//! Flushes: what they leave on the disk, what is found again, and flushes that were cut off.

use crate::stores::{
    Opening, Pair, Stopped, blank, close, delete, flush, freeze, has, holds, leave, length, open,
    put, sure, try_open,
};
use lsm_memdisk::{Effect, MemDisk};
use lsm_store::{Flushed, Store, StoreError};
use std::alloc::Global;

const A: Pair = (b"a", b"1");

const B: Pair = (b"b", b"2");

const C: Pair = (b"c", b"3");

fn flush_pair(alloc: Global, store: &mut Store<MemDisk>, pair: Pair) -> Result<u32, Stopped> {
    put(alloc, store, pair, false)?;
    freeze(store)?;
    flush(store)
}

// A store whose one pair was flushed, and the steps before the last.
fn flushed(alloc: Global) -> Result<(MemDisk, u32), Stopped> {
    let mut store = open(alloc, blank(alloc)?, b'A')?;
    let told = flush_pair(alloc, &mut store, A);
    let disk = store.into_disk();
    Ok((disk, told?))
}

// The log that comes with the freeze is 3, and the table 4. The edit of 58 bytes comes behind the
// manifest's first 13.
fn a_flush_makes_a_table(alloc: Global) -> Result<bool, Stopped> {
    let (mut disk, steps) = flushed(alloc)?;
    let made = length(&mut disk, b"db/000004.sst")? == 130
        && length(&mut disk, b"db/MANIFEST-000001")? == 71
        && has(&mut disk, b"db/000002.log")?;
    let mut store = open(alloc, disk, b'B')?;
    let told = holds(&mut store, &[A]);
    Ok(leave(store, told)? && made && steps == 0)
}

fn is_idle(store: &mut Store<MemDisk>) -> bool {
    matches!(store.flush_step(), Ok(Flushed::NoJob))
}

fn tries_idle(alloc: Global, store: &mut Store<MemDisk>) -> Result<bool, Stopped> {
    let empty = is_idle(store);
    put(alloc, store, A, false)?;
    let active = is_idle(store);
    freeze(store)?;
    flush(store)?;
    Ok(empty && active && is_idle(store))
}

fn nothing_frozen_is_no_job(alloc: Global) -> Result<bool, Stopped> {
    let mut store = open(alloc, blank(alloc)?, b'A')?;
    let told = tries_idle(alloc, &mut store);
    leave(store, told)
}

// Newer rows win over those of tables: values and deletes.
fn lays_over(alloc: Global, store: &mut Store<MemDisk>) -> Result<bool, Stopped> {
    put(alloc, store, B, false)?;
    flush_pair(alloc, store, A)?;
    delete(alloc, store, b"b")?;
    flush_pair(alloc, store, C)?;
    let two = holds(store, &[A, C])?;
    put(alloc, store, (b"a", b"9"), false)?;
    freeze(store)?;
    delete(alloc, store, b"c")?;
    Ok(two && holds(store, &[(b"a", b"9")])?)
}

fn newer_rows_win(alloc: Global) -> Result<bool, Stopped> {
    let mut store = open(alloc, blank(alloc)?, b'A')?;
    let told = lays_over(alloc, &mut store);
    let Ok(true) = told else {
        return leave(store, told);
    };
    let mut store = open(alloc, close(store, Ok(()))?, b'B')?;
    let told = holds(&mut store, &[(b"a", b"9")]);
    leave(store, told)
}

// A key of two bytes for each number.
fn put_numbers(alloc: Global, store: &mut Store<MemDisk>, count: u16) -> Result<(), Stopped> {
    for number in 0..count {
        put_number(alloc, store, number)?;
    }
    Ok(())
}

fn put_number(alloc: Global, store: &mut Store<MemDisk>, number: u16) -> Result<(), Stopped> {
    let mut batch = lsm_rows::Batch::new(alloc);
    let Ok(()) = batch.put(&number.to_be_bytes(), b"v") else {
        return Err(Stopped);
    };
    if batch.is_empty() {
        return Err(Stopped);
    }
    match store.write(&batch, false) {
        Ok(_) => Ok(()),
        Err(_) => Err(Stopped),
    }
}

fn flushes_many(alloc: Global, store: &mut Store<MemDisk>) -> Result<bool, Stopped> {
    put_numbers(alloc, store, 2_500)?;
    freeze(store)?;
    let steps = flush(store)?;
    let Ok(pairs) = store.scan() else {
        return Err(Stopped);
    };
    Ok(steps == 2 && pairs.count() == 2_500)
}

// Each step writes 1,024 rows at most.
fn many_rows_take_steps(alloc: Global) -> Result<bool, Stopped> {
    let mut store = open(alloc, blank(alloc)?, b'A')?;
    let told = flushes_many(alloc, &mut store);
    leave(store, told)
}

// How often a disk was read from behind a flush and so many gets.
fn starts(alloc: Global, gets: u32) -> Result<u64, Stopped> {
    let mut store = open(alloc, blank(alloc)?, b'A')?;
    let told = flush_pair(alloc, &mut store, A);
    let found = get_often(&mut store, gets);
    let disk = close(store, told.map(drop_count))?;
    match found {
        true => Ok(disk.starts()),
        false => Err(Stopped),
    }
}

fn drop_count(_: u32) {}

fn get_often(store: &mut Store<MemDisk>, gets: u32) -> bool {
    for _ in 0..gets {
        match store.get(b"a") {
            Ok(Some(_)) => {}
            Ok(None) | Err(_) => return false,
        }
    }
    true
}

// A table's block is read once, and kept.
fn a_block_is_read_once(alloc: Global) -> Result<bool, Stopped> {
    let none = starts(alloc, 0)?;
    let one = starts(alloc, 1)?;
    Ok(none.checked_add(1) == Some(one) && starts(alloc, 10)? == one)
}

// Two flushes, with the second one's pair synced, and a pair behind them that isn't. It counts the
// pairs that outlive a crash.
fn flushes_twice(
    alloc: Global,
    store: &mut Store<MemDisk>,
    count: &mut u64,
) -> Result<(), Stopped> {
    flush_pair(alloc, store, A)?;
    *count = 1;
    put(alloc, store, B, true)?;
    *count = 2;
    freeze(store)?;
    flush(store)?;
    put(alloc, store, C, false)
}

// Whether the store has the first so many of the pairs and no other, at least so many.
fn has_front(store: &mut Store<MemDisk>, least: u64) -> Result<bool, Stopped> {
    let last = store.last();
    let front = match last {
        0 => holds(store, &[])?,
        1 => holds(store, &[A])?,
        2 => holds(store, &[A, B])?,
        3 => holds(store, &[A, B, C])?,
        _ => false,
    };
    Ok(front && last >= least)
}

fn opens_from(alloc: Global, disk: MemDisk, least: u64) -> Result<bool, Stopped> {
    let mut store = open(alloc, disk, b'B')?;
    let told = has_front(&mut store, least);
    leave(store, told)
}

fn each_image_opens(alloc: Global) -> Result<bool, Stopped> {
    let mut store = open(alloc, blank(alloc)?, b'A')?;
    let mut count = 0;
    let told = flushes_twice(alloc, &mut store, &mut count);
    let disk = store.into_disk();
    told?;
    for pick in 0..32 {
        if !opens_from(alloc, disk.crash(pick)?, count)? {
            return Ok(false);
        }
    }
    Ok(true)
}

// The run of two flushes on a disk of which a call may fail. A store that is halted still reads; where
// all went well, the call may have failed in the reading.
fn runs(alloc: Global, mut store: Store<MemDisk>) -> Result<(MemDisk, u64), Stopped> {
    let mut count = 0;
    let told = flushes_twice(alloc, &mut store, &mut count);
    let halted = matches!(store.flush_step(), Err(StoreError::Halted { .. }));
    let reads = has_front(&mut store, count);
    let disk = store.into_disk();
    match (told, halted, reads) {
        (Ok(()), false, _) | (Err(Stopped), true, Ok(true)) => Ok((disk, count)),
        _ => Err(Stopped),
    }
}

// The disk behind a run of which this call fails, with the count of pairs that outlive a crash.
fn stopped_run(alloc: Global, call: u64, effect: Effect) -> Result<(MemDisk, u64), Stopped> {
    let mut disk = blank(alloc)?;
    disk.fail_at(call, effect)?;
    match try_open(alloc, disk, b'A')? {
        Opening::Opened(store) => runs(alloc, store),
        Opening::Refused(_, disk) => Ok((disk, 0)),
    }
}

fn each_stopped_run_opens(alloc: Global, effect: Effect) -> Result<bool, Stopped> {
    for call in 1..50 {
        let (disk, least) = stopped_run(alloc, call, effect)?;
        for pick in 0..3 {
            if !opens_from(alloc, disk.crash(pick)?, least)? {
                return Ok(false);
            }
        }
    }
    Ok(true)
}

#[test]
fn flushes_make_tables(rt: HostRuntime) {
    sure(&rt, a_flush_makes_a_table(rt.alloc()));
    sure(&rt, nothing_frozen_is_no_job(rt.alloc()));
    sure(&rt, newer_rows_win(rt.alloc()));
}

#[test]
fn many_rows_are_flushed_in_steps(rt: HostRuntime) {
    sure(&rt, many_rows_take_steps(rt.alloc()));
}

#[test]
fn blocks_are_read_once(rt: HostRuntime) {
    sure(&rt, a_block_is_read_once(rt.alloc()));
}

#[test]
fn images_behind_flushes_open_to_a_prefix(rt: HostRuntime) {
    sure(&rt, each_image_opens(rt.alloc()));
}

#[test]
fn flushes_that_were_cut_off_lose_nothing(rt: HostRuntime) {
    sure(&rt, each_stopped_run_opens(rt.alloc(), Effect::Nothing));
    sure(&rt, each_stopped_run_opens(rt.alloc(), Effect::Done));
    sure(&rt, each_stopped_run_opens(rt.alloc(), Effect::Part(7)));
}
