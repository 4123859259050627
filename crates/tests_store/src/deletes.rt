//! Deletions: which files go, and when.

use crate::stores::{Pair, Stopped, blank, flush, freeze, has, holds, leave, open, put, sure};
use lsm_memdisk::MemDisk;
use lsm_names::FileName;
use lsm_store::{Deleted, Store};
use std::alloc::Global;

const A: Pair = (b"a", b"1");

const B: Pair = (b"b", b"2");

fn flush_pair(alloc: Global, store: &mut Store<MemDisk>, pair: Pair) -> Result<(), Stopped> {
    put(alloc, store, pair, true)?;
    freeze(store)?;
    flush(store)?;
    Ok(())
}

fn removes(store: &mut Store<MemDisk>, name: FileName) -> bool {
    matches!(store.delete_step(), Ok(Deleted::Removed(removed)) if removed == name)
}

fn is_done(store: &mut Store<MemDisk>) -> bool {
    matches!(store.delete_step(), Ok(Deleted::Nothing))
}

fn is_disabled(store: &mut Store<MemDisk>) -> bool {
    matches!(store.delete_step(), Ok(Deleted::Disabled { count: 1 }))
}

// Two flushes leave the logs 2 and 3, whose rows are in the tables 4 and 6; the last log is 5.
fn deletes_logs(alloc: Global, store: &mut Store<MemDisk>) -> Result<bool, Stopped> {
    let empty = is_done(store);
    flush_pair(alloc, store, A)?;
    flush_pair(alloc, store, B)?;
    let Ok(_) = store.disable() else {
        return Err(Stopped);
    };
    let disabled = is_disabled(store);
    let Ok(_) = store.enable() else {
        return Err(Stopped);
    };
    let removed = removes(store, FileName::Log(2)) && removes(store, FileName::Log(3));
    Ok(empty && disabled && removed && is_done(store) && holds(store, &[A, B])?)
}

fn old_logs_are_deleted(alloc: Global) -> Result<bool, Stopped> {
    let mut store = open(alloc, blank(alloc)?, b'A')?;
    let told = deletes_logs(alloc, &mut store);
    let mut disk = store.into_disk();
    let gone = !has(&mut disk, b"db/000002.log")? && !has(&mut disk, b"db/000003.log")?;
    let kept = has(&mut disk, b"db/000005.log")? && has(&mut disk, b"db/000004.sst")?;
    let mut store = open(alloc, disk, b'B')?;
    let found = holds(&mut store, &[A, B]);
    Ok(leave(store, found)? && told? && gone && kept)
}

#[test]
fn files_that_nothing_needs_are_deleted(rt: HostRuntime) {
    sure(&rt, old_logs_are_deleted(rt.alloc()));
}
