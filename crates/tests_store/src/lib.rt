//! Tests of lsm_store: stores over a disk in memory that are opened, written, closed, cut off and
//! opened again.
//!
//! A case is a function that tells whether it holds, and a test claims it by `sure` alone. The
//! calls that are tried stand in functions without clauses.
#![tactic(auto)]

#[cfg(test)]
mod crashes;
#[cfg(test)]
mod deletes;
#[cfg(test)]
mod flushes;
#[cfg(test)]
mod openings;
#[cfg(test)]
mod stores;
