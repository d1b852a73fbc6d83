//! The lines of a trace.

/// Why a job met a fault.
#[derive(Clone, Copy, Debug, PartialEq, Eq)]
pub enum Cause {
    /// The register that the operation went through was null.
    Nil,
    /// The object has no such field.
    Field,
}

/// Who got a tick. A task is named by its place among the tasks, the high ones first.
#[derive(Clone, Copy, Debug, PartialEq, Eq)]
pub enum Who {
    High(u8),
    Low(u8),
    /// The collector, for one event of a cycle.
    Step,
    /// The collector, which began a cycle.
    Flip,
    /// The collector, at the end of an attempt of so many events that a task spoiled.
    Lost(u64),
    /// The collector, which found more words live than are declared.
    Live,
    /// Nobody.
    Idle,
}

/// A line of a trace, without the name of a task that it brings in.
#[derive(Clone, Copy, Debug, PartialEq, Eq)]
pub enum TraceLine {
    /// The analysis of the heap: the events that are owed at most.
    Heap {
        debt: u64,
    },
    /// A high task, and its deadline in ticks.
    High {
        deadline: u32,
    },
    /// A low task.
    Low,
    /// Who got a tick.
    Tick {
        tick: u32,
        who: Who,
    },
    /// What a task put out at a tick.
    Out {
        tick: u32,
        lane: u8,
        value: u64,
    },
    /// The fault that a job met at a statement of its script.
    Fault {
        tick: u32,
        lane: u8,
        job: u32,
        statement: u32,
        cause: Cause,
    },
    /// A job that ended with a tick, so many ticks after it arrived.
    Ended {
        tick: u32,
        lane: u8,
        job: u32,
        ticks: u32,
    },
    /// What the jobs of a task came to.
    Done {
        lane: u8,
    },
    /// The ticks of the collector and those of nobody.
    Cycles {
        collector: u64,
        idle: u64,
    },
    /// The ticks of the run.
    End {
        ticks: u32,
    },
    /// The tick at which the run stands still, since more is live than is declared.
    Live {
        tick: u32,
    },
}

######

ABOUT THIS TASK: Nothing should be returned except the lines from the one holding "out at a tick." through the final line of the listing, exactly as they appear.

TASK ANSWER:
    /// What a task put out at a tick.
    Out {
        tick: u32,
        lane: u8,
        value: u64,
    },
    /// The fault that a job met at a statement of its script.
    Fault {
        tick: u32,
        lane: u8,
        job: u32,
        statement: u32,
        cause: Cause,
    },
    /// A job that ended with a tick, so many ticks after it arrived.
    Ended {
        tick: u32,
        lane: u8,
        job: u32,
        ticks: u32,
    },
    /// What the jobs of a task came to.
    Done {
        lane: u8,
    },
    /// The ticks of the collector and those of nobody.
    Cycles {
        collector: u64,
        idle: u64,
    },
    /// The ticks of the run.
    End {
        ticks: u32,
    },
    /// The tick at which the run stands still, since more is live than is declared.
    Live {
        tick: u32,
    },
}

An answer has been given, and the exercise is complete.